They found that knocking out the RASA2 gene in T cells promoted T cell activation, enhanced their antigen sensitivity, and proliferative capacity and effector function in multiple immunosuppressive environments
In addition, knockout RASA2 can inhibit the T cell depletion process induced by repeated antigen stimulation, allowing T cells to maintain tumor killing function
Overall, the study identified RASA2, a new signaling checkpoint in T cells that regulates T cell function, providing new ideas
Screenshot of the first page of the paper
Let's take a look at how Alexander Marson and Alan Ashworth's team conducted
this research.
The researchers first used their previously constructed whole-genome CRISPR knockout screening framework SLICE[4] to screen for genes that may affect human primary T cell proliferation under conditions that include five different immunosuppressive environments
.
The methods used to mimic these five immunosuppressive environments are based on two calcineurin inhibitors (tacrolimus and cyclosporine) that inhibit T cell activation,[5] the immunosuppressive cytokines TGFβ[6] and the immunosuppressive metabolite adenosine[4], and regulatory T cells (Treg) in the tumor microenvironment [7].
By comparing and analyzing sgRNAs enriched in proliferating active T cells in different screening models, the researchers found that knockout of some genes confers on T cells a greater ability to
proliferate in specific immunosuppressive environments.
For example, PDE4C found in the adenosine model, TGFBR1 in the TGFβ model, tacrolimus and NFKB2
in the cyclosporine model.
Knockout of some genes promotes T cell proliferation
in a variety of models.
TMEM222 and RASA2, on the other hand, were found
under all 5 immunosuppressive filters.
CRISPR screening models in immunosuppressive settings and their main findings
Given that the team also found in previously published articles that RASA2 may affect the proliferative capacity of T cells and tumor killing function[4], the researchers decided to further investigate the effects
of knockout RASA2 on adoptive T cell therapies.
The researchers found that RASA2-deficient (RASA2KO) cells also had a stronger tumor killing ability
in the context of immunosuppression than normal TCR-T cells.
Since RASA2 is a Ras GTPase-activating protein, and the RAS signaling pathway plays an important role in both T cell activation, proliferation, and differentiation[8], the researchers analyzed
the changes in RAS-GTP levels and T cell function that may result from knockout RASA2.

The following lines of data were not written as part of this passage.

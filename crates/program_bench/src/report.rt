//! What is printed of the workloads.

use crate::fault::Fault;
use crate::keys::{Key, stream};
use crate::pass::Pass;
use crate::rows::{Map, Rows};
use crate::texts::{self, Keys, TextRows, Texts, Work};
use crate::workload::{self, NumberRows, Workload};
use crate::workloads::{MILLION, Removed};

// How many turns a map has. A figure is the best of all its passes.
const TURNS: usize = 7;

// The few workloads of texts that the gate compares, on each of their maps.
const FEW_TEXTS: [(Work, Keys, usize); 9] = [
    (Work::Hit, Keys::Owned, 64),
    (Work::Hit, Keys::Borrowed, 8),
    (Work::Hit, Keys::Unordered, 1000),
    (Work::Miss, Keys::Owned, 200),
    (Work::Attributes, Keys::Borrowed, 5),
    (Work::Attributes, Keys::Owned, 5),
    (Work::Words, Keys::Owned, 5000),
    (Work::Labels, Keys::Unordered, 1000),
    (Work::Hash, Keys::Borrowed, 64),
];

// The few workloads of numbers that it compares, on our maps.
const FEW: [(Workload, usize); 17] = [
    (Workload::Build, 4),
    (Workload::Build, 64),
    (Workload::Build, 1000),
    (Workload::BuildRoomy, 1000),
    (Workload::Hold, 1),
    (Workload::Hit, 1000),
    (Workload::Miss, 1000),
    (Workload::Walk, 1000),
    (Workload::Cycle(Removed::Middle), 32),
    (Workload::Cycle(Removed::First), 1000),
    (Workload::Cycle(Removed::Random), 1000),
    (Workload::Pop, 32),
    (Workload::Sort, 8),
    (Workload::UnorderedInsert, 1000),
    (Workload::UnorderedHit, 1000),
    (Workload::UnorderedMiss, 1000),
    (Workload::Union, 1000),
];

// The fewer of them that it compares on each of the maps.
const PEERS: [(Workload, usize); 5] = [
    (Workload::Hit, 64),
    (Workload::Cycle(Removed::Middle), 8),
    (Workload::Sort, 8),
    (Workload::UnorderedWalk, 1000),
    (Workload::UnorderedCycle, 32),
];

/// Prints the checksums of a few workloads.
pub fn checksums(rt: &HostRuntime) -> Result<(), Fault> {
    checksums_of_texts(rt)?;
    checksums_of::<u32>(rt)?;
    checksums_of::<u64>(rt)?;
    checksums_of_peers(rt)
}

fn checksums_of_texts(rt: &HostRuntime) -> Result<(), Fault> {
    let texts = Texts::new(rt.alloc())?;
    for (work, keys, n) in FEW_TEXTS {
        let rows = TextRows {
            work,
            keys,
            texts: &texts,
        };
        print_checksums(rt, &rows, rows.maps(), n)?;
    }
    Ok(())
}

fn checksums_of<K: Key>(rt: &HostRuntime) -> Result<(), Fault> {
    let keys = stream::<K>(rt.alloc(), 2 * MILLION)?;
    for (workload, n) in FEW {
        let rows = NumberRows {
            workload,
            keys: keys.as_slice(),
        };
        print_checksums(rt, &rows, &[Map::Proved], n)?;
    }
    Ok(())
}

fn checksums_of_peers(rt: &HostRuntime) -> Result<(), Fault> {
    let keys = stream::<u32>(rt.alloc(), 2 * MILLION)?;
    for (workload, n) in PEERS {
        let rows = NumberRows {
            workload,
            keys: keys.as_slice(),
        };
        print_checksums(rt, &rows, rows.maps(), n)?;
    }
    Ok(())
}

// The checksum of one turn on each of these maps.
fn print_checksums<R: Rows>(
    rt: &HostRuntime,
    rows: &R,
    maps: &[Map],
    n: usize,
) -> Result<(), Fault> {
    for map in maps {
        let pass = rows.pass(rt, *map, n)?;
        println!(rt;
            "{}.{}.{} {n} {}",
            rows.name(),
            map.name(),
            rows.keys(),
            pass.checksum
        )?;
    }
    Ok(())
}

/// Prints name, length, nanoseconds an operation and checksum of each workload on each map whose line begins with one
/// of the words.
pub fn times(rt: &HostRuntime, words: &[String]) -> Result<(), Fault> {
    times_of_texts(rt, words)?;
    times_of::<u32>(rt, words)?;
    times_of::<u64>(rt, words)
}

fn times_of_texts(rt: &HostRuntime, words: &[String]) -> Result<(), Fault> {
    let texts = Texts::new(rt.alloc())?;
    for (work, keys) in texts::ALL {
        print_times(
            rt,
            words,
            &TextRows {
                work,
                keys,
                texts: &texts,
            },
        )?;
    }
    Ok(())
}

fn times_of<K: Key>(rt: &HostRuntime, words: &[String]) -> Result<(), Fault> {
    let keys = stream::<K>(rt.alloc(), 2 * MILLION)?;
    for workload in workload::ALL {
        print_times(
            rt,
            words,
            &NumberRows {
                workload,
                keys: keys.as_slice(),
            },
        )?;
    }
    Ok(())
}

// The lines of a workload that begin with one of the words.
fn print_times<R: Rows>(rt: &HostRuntime, words: &[String], rows: &R) -> Result<(), Fault> {
    for n in rows.lengths() {
        let maps = wanted(rt, words, rows, *n)?;
        let bests = bests(rt, rows, &maps, *n)?;
        let operations = rows.operations(*n).max(1) as u128;
        for (map, best) in maps.iter().zip(bests.iter()) {
            let hundredths = best.nanos.saturating_mul(100) / operations;
            println!(rt;
                "{}.{}.{} {n} {}.{:02} {}",
                rows.name(),
                map.name(),
                rows.keys(),
                hundredths / 100,
                hundredths % 100,
                best.checksum
            )?;
        }
    }
    Ok(())
}

// The maps of whose lines one at this length begins with one of the words.
fn wanted<R: Rows>(
    rt: &HostRuntime,
    words: &[String],
    rows: &R,
    n: usize,
) -> Result<Vec<Map>, Fault> {
    let mut maps = Vec::new(rt.alloc());
    for map in rows.maps() {
        let line = format!(in rt.alloc(); "{}.{}.{} {n} ", rows.name(), map.name(), rows.keys())?;
        if words.iter().any(|word| line.starts_with(word.as_str())) {
            maps.push(*map)?;
        }
    }
    Ok(maps)
}

// The quickest pass of each map, whose passes all have one checksum. The maps take turns, so that each meets the same
// load.
fn bests<R: Rows>(rt: &HostRuntime, rows: &R, maps: &[Map], n: usize) -> Result<Vec<Pass>, Fault> {
    let mut bests = Vec::with_capacity(rt.alloc(), maps.len())?;
    for map in maps {
        bests.push(rows.pass(rt, *map, n)?)?;
    }
    for _ in 1..TURNS {
        for (map, best) in maps.iter().zip(bests.iter_mut()) {
            *best = best.or(rows.pass(rt, *map, n)?)?;
        }
    }
    Ok(bests)
}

They found that under TCR-stimulated conditions, RASA2-deficient human primary T cells had higher levels of RAS-GTP, and their downstream proteins pMEK, pERK, and pS6 levels were also elevated
.
In addition, RASA2KO T cells are also able to secrete higher levels of effector cytokines IFNγ, IL-2, and TNF
.
These changes do not exist in the absence of TCR stimulation, suggesting that RASA2's regulation of the RAS signaling pathway relies on TCR
.
We all know that how to reduce side effects such as uncontrolled T cell proliferation and cytokine release during CAR-T treatment has always been a difficult problem [9].
Thus, this dependence of RASA2 on TCR stimulation in regulating T cell proliferation and effector function means that there is greater potential
to enhance the efficacy of adoptive T cells by knocking out RASA2 in the clinic.
In addition, the researchers also found that these phenotypes in RASA2KO T cells are widely present in different TCR stimulation signal intensities, which may mean that RASA2KO T cells are more sensitive to antigenes
.
The killing experiments of tumor cells with different CD19 expression levels also proved that RASA2KO T cells can better recognize and kill tumor cells
.
Knockout RASA2 can upregulate the RAS signaling pathway in T cells, increasing the sensitivity of T cells to antigens
Next, the researchers analyzed the consequences
of knocking out RASA2 at the transcriptional level.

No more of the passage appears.